Esta situação é ainda agravada pelo facto de parte destes medicamentos em falta serem considerados essenciais pela Organização Mundial de Saúde (OMS) e pela desigualdade verificada a nível nacional, uma vez que as farmácias do interior são as mais afetadas, com maior incidência nos Distritos de Vila Real, Bragança, Braga e Castelo Branco, de acordo com o relatório anual do CEFAR da ANF.
Os atuais medicamentos com maior índice de défice tratam-se de medicamentos para a Doença de Parkinson, Diabetes Tipo 2, Tromboses e Enfartes, Doença Pulmonar Obstrutiva Crónica (DPOC) e Hipertensão, patologias comuns, realçando-se a preocupação realista para esta matéria, dados patentes no estudo do CEFAR.
O farmacêutico, em última análise, deve estar preocupado com a qualidade dos medicamentos, a qualidade do aconselhamento farmacêutico e com a boa articulação do circuito do medicamento. O condicionamento de qualquer um destes fatores deve ser minimizado ao máximo porque se não representa a profissão, não representa também a sociedade em que nos inserimos, promovendo consequências nefastas para a profissão e o Serviço Nacional de Saúde (SNS) na sua globalidade, degradando-o.
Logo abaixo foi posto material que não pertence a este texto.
//! Settling what is here.

ghost use Rattle.std.specs.Prelude.{◌≡◌, ◌<◌, Some, length, map, slice_get, slice_set};
ghost use Rattle.scheduler.specs.JobRuns.{JobOf};
ghost use Rattle.scheduler_core.specs.declared.phase.Phase.{Phase};
ghost use Rattle.scheduler.specs.Schedules.{phases_of, KeepsItsJobs};
ghost use Rattle.scheduler.specs.Settling.{after_settling, settled_at};

use crate::lending::take_back;
use crate::scheduler::Scheduler;
use crate::slot::{Slot, put, take_held};
use scheduler_core::{admitted_and_unsettled_wait, events_by_places, rows_are_serial};

impl Scheduler {
    /// Takes back the rows of a job that is here and was not run.
    fn take_back_held(&mut self, place: usize)
        requires { KeepsItsJobs self.old }
        ensures held { (job : JobOf) → slice_get self.old.slots place ≡ Some (Slot.Held job) →
            phases_of self.new ≡ slice_set (phases_of self.old) place Phase.Idle }
        ensures other { ((job : JobOf) → slice_get self.old.slots place ≡ Some (Slot.Held job) → ⊥) →
            phases_of self.new ≡ phases_of self.old }
        ensures work { self.new.work ≡ self.old.work }
        ensures keeps { KeepsItsJobs self.new }
        ensures count { length self.new.slots ≡ length self.old.slots }
    {
        // proof: who waits in the lock tree, and what the rows are.
        admitted_and_unsettled_wait();
        rows_are_serial();
        if let Some(job) = take_held(&mut self.slots, place) {
            let no = self.first + place as u64;
            take_back(&mut self.store, &mut self.locks, no, job);
            put(&mut self.slots, place, Slot::Idle);
        }
    }

    /// Settles a job that is here and was run, or takes back the rows of one that was not.
    fn settle_place(&mut self, place: usize)
        requires keeps { KeepsItsJobs self.old }
        requires within { place < length self.old.slots }
        ensures phases { phases_of self.new ≡ settled_at place (phases_of self.old) }
        ensures work { self.new.work ≡ self.old.work }
        ensures keeps { KeepsItsJobs self.new }
        ensures count { length self.new.slots ≡ length self.old.slots }
    {
        // proof: what events do, by places of the log.
        events_by_places();
        let no = self.first + place as u64;
        self.play_settle(no);
        self.take_back_held(place);
    }

    /// Settles each job that is here and was run, and takes back the rows of each that was only lent. No memory is
    /// taken. No job is with the caller.
    pub fn settle_held(&mut self)
        requires { KeepsItsJobs self.old }
        ensures phases { phases_of self.new ≡ map after_settling (phases_of self.old) }
        ensures work { self.new.work ≡ self.old.work }
        ensures keeps { KeepsItsJobs self.new }
    {
        for place in 0..self.slots.len() {
            self.settle_place(place);
        }
    }
}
Os estudantes vêem no futuro, enquanto profissionais de saúde, uma impotência desmedida em prestar o melhor serviço possível aos portugueses e um SNS em risco, além dos utentes cuja assistência, acompanhamento e terapêutica continua, em demasiados palcos, a não ser centralizada nos mesmos.
Tendo em conta os pontos supracitados, a APEF vem, deste modo, expressar a sua profunda preocupação pelos portugueses não terem acesso à medicação de que necessitam, tendo de recorrer a inúmeras Farmácias na tentativa de terem a sua terapêutica restituída ou tendo de, abruptamente, cessar a terapêutica de que necessitam por falhas colossais de medicamentos nas Farmácias, todos os dias.
Urge, mais do que nunca, uma tomada de posição séria, sólida e integrada entre o Governo, o INFARMED, I.P. e demais entidades do circuito do medicamento, a fim de pôr termo à situação de alarme social e à penalização que os portugueses sofrem pelo não acesso aos seus medicamentos, e em última instância, pela agravante de patologias ou demais situações de saúde.»